We get a fun that will only be executed if the Mod argument matches, in this case rabbit_variable_queue. That fun takes as second argument our rabbit_variable_queue state.

On msg_store_client_init/4 above we said that our initial callback gets wrapped like this:

fun () -> Callback(?MODULE, CloseFDsFun) end

This means inside the msg_store, at various places, that fun closure gets called without arguments which in turn calls our callback with the CloseFDsFun. We end up with something like what's below after some expansions:

fun (rabbit_variable_queue, Fun) ->
        rabbit_amqqueue:run_backing_queue(QPid, rabbit_variable_queue,
            fun (?MODULE, State = #vqstate { msg_store_clients = MSCState }) ->
                {ok, MSCState1} = msg_store_close_fds(MSCState, IsPersistent),
                State #vqstate { msg_store_clients = MSCState1 }
            end)
end

So our rabbit_amqqueue_process will ask the backing queue module to invoke that expanded fun in the context of the rabbit_amqqueue_process Pid:

handle_cast({run_backing_queue, Mod, Fun},
            State = #q{backing_queue = BQ, backing_queue_state = BQS}) ->
    noreply(State#q{backing_queue_state = BQ:invoke(Mod, Fun, BQS)});

This very same technique is used on rabbit_variable_queue:init/3 to setup the functions that will write messages to disk (see rabbit_variable_queue:msgs_written_to_disk/3) and the ones that will write the message indexes to disk (see rabbit_variable_queue:msg_indices_written_to_disk/2).

It's About Context

From all these layers of indirection, what's important to understand is that the Pid passed into rabbit_amqqueue:run_backing_queue/3 determines the context on which all the functions implementing message persistence will be run. Unless your rabbit_backing_queue behaviour implementation is just a proxy like that of rabbit_priority_queue, you must take that Pid context into account, since it will hold file handles references and its process dictionary will be the one where the file_handle_cache will store its information.
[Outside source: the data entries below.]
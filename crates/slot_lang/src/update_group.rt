//! The statement that groups sets.

ghost use Rattle.std.specs.Prelude.{◌<◌, length, OnOk};
ghost use Rattle.slot_lang.specs.Grammar.{spell_set, tree_of_assignment};
ghost use Rattle.slot_lang.specs.code.Grammar.{ReadsSets, ReadsUpdateGroup};
ghost use Rattle.token_reading.specs.code.Reading.{Reads, EndsAnywhere};

use crate::body::assignment;
use basic_types::Word;
use sqlite_items::Items;
use syntax_trees::Stmt;
use texts::Symbol;
use token_reading::{Cursor, Landmark, ParseFault};

/// What follows `group`.
pub fn update_group(cursor: &mut Cursor) -> Result<Stmt, ParseFault>
    ensures reads { ReadsUpdateGroup cursor.old result cursor.new }
    ensures shorter { OnOk result (length cursor.new < length cursor.old) }
{
    cursor.expect(Symbol::OpenBrace)?;
    let sets = sets(cursor)?;
    Ok(Stmt::Group(sets))
}

/// `set {set} "}"`
fn sets(cursor: &mut Cursor) -> Result<Items<Stmt>, ParseFault>
    ensures reads { ReadsSets cursor.old result cursor.new }
    ensures shorter { OnOk result (length cursor.new < length cursor.old) }
{
    let mut sets = Items::new(cursor.alloc());
    let first = set(cursor)?;
    sets.push(first)?;
    while !cursor.eat(Symbol::CloseBrace) {
        let next = set(cursor)?;
        sets.push(next)?;
    }
    Ok(sets)
}

/// `"set" path "." Name "=" expr ";"`
fn set(cursor: &mut Cursor) -> Result<Stmt, ParseFault>
    ensures reads { Reads spell_set tree_of_assignment EndsAnywhere cursor.old result cursor.new }
    ensures shorter { OnOk result (length cursor.new < length cursor.old) }
{
    if cursor.eat_opening(Landmark::Statement, Word::Set) {
        assignment(cursor)
    } else {
        Err(ParseFault::Syntax)
    }
}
If you want a second example of what we outlined above, take a look at rabbit_mirror_queue_slave:bq_init/3 where the Pid provided to run_backing_queue/3 in this case is the slave Pid. The slave process implements it's own handle_cast({run_backing_queue, Mod, Fun}, State) function clause, on which funs from rabbit_variable_queue like msg_store_close_fds_fun, msgs_written_to_disk, msg_indices_written_to_disk and msgs_and_indices_written_to_disk will be run.